DATA EXTRACTS:

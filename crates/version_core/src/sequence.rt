//! Events taken one after another.

ghost use Rattle.std.specs.Prelude.{IfOk, OnErr};
ghost use Rattle.version_core.specs.Runs.{Run, LeastRun, IsStopped};

use crate::event::{Event, Reply};
use crate::machine::Core;
use std::alloc::{AllocError, Global};

/// Takes the events one after another, and returns their replies. Each opening takes the least free shelf. If memory is
/// refused, the core has taken only the events before the one that needed it, or none.
pub fn run(alloc: Global, core: &mut Core, events: &[Event]) -> Result<Vec<Reply>, AllocError>
    ensures run { IfOk result (λ replies. Run core.old events.now replies.items core.new) }
    ensures least { IfOk result (λ replies. LeastRun core.old events.now replies.items core.new) }
    ensures stopped { OnErr result (IsStopped core.old events.now core.new) }
{
    let mut replies = Vec::with_capacity(alloc, events.len())?;
    for event in events {
        let reply = core.step(*event)?;
        replies.push_reserved(reply);
    }
    Ok(replies)
}
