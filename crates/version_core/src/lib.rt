//! The table of timetable versions as a state machine: which version is current, which worker holds which, and when a
//! shelf may be used again.
//!
//! A loader opens a free shelf with an edition, as the next version, publishes that version, closes the shelf of the
//! version before, and collects that shelf once no worker is there. A worker looks at the current version, takes its
//! shelf, and later drops it. If the version was closed between the look and the take, the worker is late: it drops the
//! shelf and looks again.
//!
//! A notice of the current version may go out at any time, to whoever waits for that version. A worker that takes it in
//! has seen the version: no later look of the worker finds an older one.
#![tactic(auto)]

mod event;
mod laws;
mod machine;
mod sequence;
mod state;

pub use event::{Event, Reply};
pub use laws::{at_rest, every_run, every_step, holding, notices, runs_in_parts};
pub use machine::Core;
pub use sequence::run;
pub use state::{MOST_VERSIONS, Shelf, Worker};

WORK ORDER: Keeping each line exactly as it is, retype all of the data.

EXPECTED ANSWER:
filename crates/version_core/src/sequence.rt
//! Events taken one after another.

ghost use Rattle.std.specs.Prelude.{IfOk, OnErr};
ghost use Rattle.version_core.specs.Runs.{Run, LeastRun, IsStopped};

use crate::event::{Event, Reply};
use crate::machine::Core;
use std::alloc::{AllocError, Global};

/// Takes the events one after another, and returns their replies. Each opening takes the least free shelf. If memory is
/// refused, the core has taken only the events before the one that needed it, or none.
pub fn run(alloc: Global, core: &mut Core, events: &[Event]) -> Result<Vec<Reply>, AllocError>
    ensures run { IfOk result (λ replies. Run core.old events.now replies.items core.new) }
    ensures least { IfOk result (λ replies. LeastRun core.old events.now replies.items core.new) }
    ensures stopped { OnErr result (IsStopped core.old events.now core.new) }
{
    let mut replies = Vec::with_capacity(alloc, events.len())?;
    for event in events {
        let reply = core.step(*event)?;
        replies.push_reserved(reply);
    }
    Ok(replies)
}
filename crates/version_core/src/lib.rt
//! The table of timetable versions as a state machine: which version is current, which worker holds which, and when a
//! shelf may be used again.
//!
//! A loader opens a free shelf with an edition, as the next version, publishes that version, closes the shelf of the
//! version before, and collects that shelf once no worker is there. A worker looks at the current version, takes its
//! shelf, and later drops it. If the version was closed between the look and the take, the worker is late: it drops the
//! shelf and looks again.
//!
//! A notice of the current version may go out at any time, to whoever waits for that version. A worker that takes it in
//! has seen the version: no later look of the worker finds an older one.
#![tactic(auto)]

mod event;
mod laws;
mod machine;
mod sequence;
mod state;

pub use event::{Event, Reply};
pub use laws::{at_rest, every_run, every_step, holding, notices, runs_in_parts};
pub use machine::Core;
pub use sequence::run;
pub use state::{MOST_VERSIONS, Shelf, Worker};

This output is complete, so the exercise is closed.